Throughout this blog series, I will use the term “Excel Analyst” to refer to any professional who analyzes data using Excel PivotTables.
In my experience, the population of Excel Analysts is easily 100+ million professionals worldwide. The goal of this blog series is to help as many of these professionals as possible to achieve more. In this analysis, I use the AtScale Semantic Layer Platform to connect my Excel PivotTables to live cloud data to do high-performing, real-time analysis without any data extraction. Read on to learn how to use Excel PivotTables to perform categorical analysis with real-time data without any data extraction.
The Scenario So Far
For a complete description of the hypothetical scenario used in this blog series and for some data background, check out the Part 1 blog post.
In Part 2 of the series, you began analyzing the Average Order Value (AOV) key performance indicator (KPI) over the past few years.
Part 3 of the series analyzes how the typical amount of Internet sales has changed over the years.
At this point, you’re not ready to report any findings to the Director of e-commerce (your boss’s boss).
The next step in the analysis is to slice and dice the data for further insights using the dimensions (i.e., categorical data) provided by the AtScale data model built by the IT department.
Configuring the PivotTable
Using an AtScale data model makes rapidly analyzing data very straightforward because the data model guides configuring your PivotTables:
- Dimensions are used for the rows, columns, and filters of your PivotTables.
- Measures are used for the values of your PivotTables.
This blog post will illustrate rapidly analyzing Internet sales data by changing the dimensions and measures used.
As covered in previous blog posts in this series, the performance of Internet sales has changed substantially over the years.

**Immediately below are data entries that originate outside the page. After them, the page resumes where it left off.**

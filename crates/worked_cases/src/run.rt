// Runs a case over memory.
ghost use Rattle.std.specs.Thread.{IsSync};

use crate::case::{Case, Words};
use crate::fault::CaseFault;
use crate::layout::{shelf_of, sink_of};
use crate::report::{Ran, show_more, show_wrong};
use river_base::{NoMemory, Text};
use river_outside::{MemShelf, MemSink};
use std::alloc::Global;
use std::sync::Wait;
use std::thread::Threads;

/// What is run.
pub trait Runner {
    /// Does what the words say, and answers the status to end with.
    fn run<R: Threads + Wait + Sync>(
        &self,
        rt: &R,
        words: &[Text],
        shelf: &mut MemShelf,
        out: &mut MemSink,
        err: &mut MemSink,
    ) -> u8
        requires { IsSync R.row };
}

/// Whether a case gives what it says; where it runs a program, also with each of these lists of words behind its own. What it
/// gave is printed where it does not.
pub(crate) fn tries<R: Print + Threads + Wait + Sync, T: Runner>(
    rt: &R,
    alloc: Global,
    runner: &T,
    case: &Case,
    besides: &[Words],
) -> Result<bool, CaseFault> {
    let is_right = tries_by(rt, alloc, runner, case, case.words.as_slice())?;
    if !is_right || !is_run(case) {
        return Ok(is_right);
    }
    for more in besides {
        if !tries_with(rt, alloc, runner, case, more.as_slice())? {
            return Ok(false);
        }
    }
    Ok(true)
}

// The same with more words behind those of the case.
fn tries_with<R: Print + Threads + Wait + Sync, T: Runner>(
    rt: &R,
    alloc: Global,
    runner: &T,
    case: &Case,
    more: &[Text],
) -> Result<bool, CaseFault> {
    let words = joined(alloc, case.words.as_slice(), more)?;
    let is_right = tries_by(rt, alloc, runner, case, words.as_slice())?;
    if !is_right {
        show_more(rt, more)?;
    }
    Ok(is_right)
}

// The words of one list, and then those of another.
fn joined(alloc: Global, words: &[Text], more: &[Text]) -> Result<Words, NoMemory> {
    let mut all = Words::new(alloc);
    add_words(alloc, words, &mut all)?;
    add_words(alloc, more, &mut all)?;
    Ok(all)
}

fn add_words(alloc: Global, words: &[Text], to: &mut Words) -> Result<(), NoMemory> {
    for word in words {
        to.push(Text::from_slice(alloc, word.as_slice())?)?;
    }
    Ok(())
}

// Whether the words are a sentence that runs a program, and say nothing of who runs it and of queues themselves.
fn is_run(case: &Case) -> bool {
    let words = case.words.as_slice();
    let runs = words
        .first()
        .is_some_and(|word| word.as_slice() == b"run".as_slice());
    let says = is_among(words, b"-w") || is_among(words, b"-L") || is_among(words, b"-q");
    runs && case.status != Some(2) && !says
}

fn is_among(words: &[Text], wanted: &[u8]) -> bool {
    for word in words {
        if word.as_slice() == wanted {
            return true;
        }
    }
    false
}

fn tries_by<R: Print + Threads + Wait + Sync, T: Runner>(
    rt: &R,
    alloc: Global,
    runner: &T,
    case: &Case,
    words: &[Text],
) -> Result<bool, CaseFault> {
    let mut shelf = shelf_of(alloc, case)?;
    tries_over(rt, alloc, runner, case, words, &mut shelf)
}

fn tries_over<R: Print + Threads + Wait + Sync, T: Runner>(
    rt: &R,
    alloc: Global,
    runner: &T,
    case: &Case,
    words: &[Text],
    shelf: &mut MemShelf,
) -> Result<bool, CaseFault> {
    let mut out = sink_of(alloc, &case.writes)?;
    tries_writing(rt, alloc, runner, case, words, shelf, &mut out)
}

fn tries_writing<R: Print + Threads + Wait + Sync, T: Runner>(
    rt: &R,
    alloc: Global,
    runner: &T,
    case: &Case,
    words: &[Text],
    shelf: &mut MemShelf,
    out: &mut MemSink,
) -> Result<bool, CaseFault> {
    let mut err = sink_of(alloc, &case.tells)?;
    let status = runner.run(rt, words, shelf, out, &mut err);
    let ran = Ran {
        status,
        out: out.taken(),
        err: err.taken(),
    };
    judge(rt, alloc, case, ran)
}

// Prints what a run gave where it is not just what the case says.
fn judge<R: Print>(rt: &R, alloc: Global, case: &Case, ran: Ran<'_>) -> Result<bool, CaseFault> {
    if is_right(case, ran) {
        return Ok(true);
    }
    show_wrong(rt, alloc, case.title.as_slice(), ran)?;
    Ok(false)
}

fn is_right(case: &Case, ran: Ran<'_>) -> bool {
    case.status == Some(ran.status)
        && ran.out == case.out.as_slice()
        && ran.err == case.err.as_slice()
}
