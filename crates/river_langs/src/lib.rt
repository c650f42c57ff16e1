//! The source languages, as the road from a program to its output asks for them: River text, StreamIt, StreamIt with parameters,
//! Sawzall and CQL; and what their programs mean by the definitions of the languages, by plain evaluation of their trees.
#![tactic(auto)]

mod cql;
pub mod laws;
mod params;
mod plan_text;
mod records;
mod sawzall;
mod streamit;

pub use cql::Cql;
pub use params::Params;
pub use plan_text::River;
pub use sawzall::Sawzall;
pub use slow_cql::mean_cql;
pub use slow_sawzall::mean_sawzall;
pub use slow_streamit::mean_streamit;
pub use streamit::Streamit;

One insight was that introducing two new product lines appears to be associated with a rapid rise in total Internet sales and a rapid decrease in the average order value (AOV) key performance indicator (KPI).

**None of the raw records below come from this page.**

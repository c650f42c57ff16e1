// A case: what is run, and what it is to give.
use crate::fault::CaseFault;
use river_base::{Bytes, Listed, Numbers, Text};
use river_outside::Files;
use std::alloc::Global;

/// Words of a command line.
pub(crate) type Words = Listed<Text>;

/// How a device goes on: at most how many bytes a call moves, for how many bytes it has room, and the numbers of the calls
/// that fail.
#[derive(Drop)]
pub(crate) struct Device {
    pub piece: u32,
    pub room: u32,
    pub fails: Numbers,
}

impl Device {
    /// A device whose calls all succeed.
    pub fn new(alloc: Global) -> Self {
        Device {
            piece: 65_536,
            room: 4_000_000,
            fails: Numbers::new(alloc),
        }
    }
}

/// What is run, and what it is to give.
#[derive(Drop)]
pub(crate) struct Case {
    pub title: Bytes,
    pub words: Words,
    pub files: Files,
    pub reads: Device,
    pub writes: Device,
    pub tells: Device,
    pub status: Option<u8>,
    pub out: Bytes,
    pub err: Bytes,
}

impl Case {
    /// A case without words and files.
    pub fn new(alloc: Global) -> Self {
        Case {
            title: Bytes::new(alloc),
            words: Words::new(alloc),
            files: Files::new(alloc),
            reads: Device::new(alloc),
            writes: Device::new(alloc),
            tells: Device::new(alloc),
            status: None,
            out: Bytes::new(alloc),
            err: Bytes::new(alloc),
        }
    }

    /// Leaves the words and the files, and nothing else.
    pub fn again(&mut self, alloc: Global) {
        self.reads = Device::new(alloc);
        self.writes = Device::new(alloc);
        self.tells = Device::new(alloc);
        self.status = None;
        self.out.truncate(0);
        self.err.truncate(0);
    }
}

/// Puts a file in place of the one of its name, if there is one.
pub(crate) fn put(files: &mut Files, file: (Bytes, Bytes)) -> Result<(), CaseFault> {
    for other in files.as_mut_slice() {
        if other.0 == file.0 {
            other.1 = file.1;
            return Ok(());
        }
    }
    Ok(files.push(file)?)
}

/// The content under a name.
pub(crate) fn find<'a>(files: &'a Files, name: &[u8]) -> Option<&'a Bytes> {
    for file in files.as_slice() {
        if file.0.as_slice() == name {
            return Some(&file.1);
        }
    }
    None
}
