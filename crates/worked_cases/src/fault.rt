// Why the cases cannot be gone through.
use river_base::NoMemory;
use std::io;

/// What is wrong with a line, or with the machine.
#[derive(Clone, Copy)]
pub(crate) enum CaseFault {
    /// The line is none that is known, or stands where it may not.
    Line,
    /// There was no memory.
    NoMemory,
    /// The standard output failed.
    Output,
}

impl From<NoMemory> for CaseFault {
    fn from(_: NoMemory) -> Self {
        CaseFault::NoMemory
    }
}

impl From<io::Error> for CaseFault {
    fn from(_: io::Error) -> Self {
        CaseFault::Output
    }
}
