// The files and the devices of a case, in memory.
ghost use Rattle.std.specs.Prelude.{◌≡◌};
ghost use Rattle.std.specs.List.{list_any};
ghost use Rattle.std.specs.Str.{bytes_eq};
ghost use Rattle.river_outside.specs.Memory.{distinct_names};

use crate::case::{Case, Device};
use crate::fault::CaseFault;
use river_base::{Bytes, NoMemory, Numbers};
use river_outside::{Files, MemShelf, MemSink};
use std::alloc::Global;

/// The files of a case.
pub(crate) fn shelf_of(alloc: Global, case: &Case) -> Result<MemShelf, CaseFault> {
    let fails = numbers_of(alloc, &case.reads.fails)?;
    let files = files_of(alloc, &case.files)?;
    if case.reads.piece == 0 || !have_distinct_names(files.as_slice()) {
        return Err(CaseFault::Line);
    }
    Ok(MemShelf::new(files, case.reads.piece, fails))
}

/// A sink that goes on as the device.
pub(crate) fn sink_of(alloc: Global, device: &Device) -> Result<MemSink, CaseFault> {
    if device.piece == 0 {
        return Err(CaseFault::Line);
    }
    let fails = numbers_of(alloc, &device.fails)?;
    Ok(MemSink::new(alloc, device.piece, fails, device.room)?)
}

fn numbers_of(alloc: Global, numbers: &Numbers) -> Result<Numbers, NoMemory> {
    let mut copy = Numbers::new(alloc);
    for &number in numbers.as_slice() {
        copy.push(number)?;
    }
    Ok(copy)
}

fn files_of(alloc: Global, files: &Files) -> Result<Files, NoMemory> {
    let mut copy = Files::new(alloc);
    for file in files.as_slice() {
        copy.push(file_of(alloc, file)?)?;
    }
    Ok(copy)
}

fn file_of(alloc: Global, file: &(Bytes, Bytes)) -> Result<(Bytes, Bytes), NoMemory> {
    let name = Bytes::from_slice(alloc, file.0.as_slice())?;
    let content = Bytes::from_slice(alloc, file.1.as_slice())?;
    Ok((name, content))
}

// Whether no two files have one name.
fn have_distinct_names(files: &[(Bytes, Bytes)]) -> bool
    ensures { result ≡ distinct_names files.now }
{
    match files {
        [] => true,
        [file, rest @ ..] => !is_among(file.0.as_slice(), rest) && have_distinct_names(rest),
    }
}

fn is_among(name: &[u8], files: &[(Bytes, Bytes)]) -> bool
    ensures { result ≡ list_any (λ other. bytes_eq name.now other.0) files.now }
{
    for other in files {
        if name == other.0.as_slice() {
            return true;
        }
    }
    false
}
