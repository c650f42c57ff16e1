//! Worked cases: what is run over memory, and what it is to give. They are read from lines, run by what is handed in, and
//! judged. A tool of the tests: it promises nothing.
#![tactic(auto)]

mod case;
mod content;
mod fault;
mod layout;
mod lines;
mod reader;
mod report;
mod run;

pub use lines::go_through;
pub use run::Runner;
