// StreamIt with parameters as a language of the road.
ghost use Rattle.std.specs.Prelude.{false};
ghost use Rattle.river_langs.specs.Sources.{params_in, IsStreamit};
ghost use Rattle.streamit_text.specs.Program.{unit_forms};

use crate::mean_streamit;
use crate::records::{rows_of, values_of};
use brooklet_step::Outcome;
use params_front::{ParamFault, compile_params};
use river_base::{Bytes, Listed, NoMemory};
use river_outside::Stop;
use river_plan::Caps;
use river_road::{Compiled, FileContent, Language, refused_program};
use std::alloc::Global;
use streamit_text::StreamitProgram;
use text_forms::TextFault;

/// StreamIt with parameters. Its program is the plain one that is made of it.
#[derive(Clone, Copy)]
pub struct Params;

impl Language for Params {
    type Program = StreamitProgram;

    ghost source = { params_in };

    ghost stands = { λ s t. IsStreamit s (unit_forms t.units.items) };

    ghost more = { false };

    fn takes_more() -> bool {
        false
    }

    fn compile(alloc: Global, text: &Bytes) -> Result<Compiled<StreamitProgram>, Stop> {
        match compile_params(alloc, text) {
            Ok((_, program, plan)) => Ok(Compiled {
                plan,
                caps: Caps::new(alloc),
                program,
            }),
            Err(ParamFault::Text(TextFault::NoMemory)) => Err(Stop::NoMemory),
            Err(fault) => Err(Stop::Refused(refused_program(alloc, fault)?)),
        }
    }

    fn mean(
        alloc: Global,
        compiled: &Compiled<StreamitProgram>,
        files: Listed<FileContent>,
    ) -> Result<Outcome, NoMemory> {
        mean_streamit(
            alloc,
            &compiled.program,
            &values_of(alloc, rows_of(alloc, files))?,
        )
    }
}
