//! What is true of the text and the script that `load` runs.
ghost use Rattle.river_langs.specs.Laws.{LoadStands};

/// `load` is never refused: its text is a program, and its script makes a plan of it.
#[tactic(auto, using(crate::proofs::LoadStands::load_stands))]
pub fn load_stands()
    ensures { LoadStands }
{}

Both time and product lines are dimensions in the AtScale data model so that the first analysis will use a combination of these dimensions.
As will be shown later in this blog post, this PivotTable configuration will be beneficial for analyzing Internet sales over time by interacting with various categories.
Adding a Measure
As there is a direct association between the volume of Internet orders and total revenue, a logical first measure to analyze is order quantities.
The PivotTable now looks like the following.
From a previous analysis, you’ve learned that the Product Line categories are mapped as follows:
- M – All products related to mountain bicycles (e.g., complete bikes, parts, accessories, etc.).
- R – All products related to road bicycles.
- S – Miscellaneous products unrelated to bicycles (e.g., gloves and shirts).
- T – All products related to touring bicycles.
With the PivotTable configured, it’s time to build the PivotChart to analyze the data visually.
The First PivotChart
Examining PivotTables directly is the norm for many Excel users. However, visualizing the data is a far more efficient way to analyze data – especially if the goal is to identify trends and patterns.
Enter the power of Excel PivotCharts.
Inserting the Chart
Microsoft Excel makes it straightforward to add a PivotChart to a worksheet:
- Select the Insert option of the Excel Ribbon.
- Within the Charts section, click PivotChart.
Following the above steps opens the Insert Chart dialog. Excel will analyze the structure of the Pivot Table and suggest a PivotChart that it thinks is appropriate.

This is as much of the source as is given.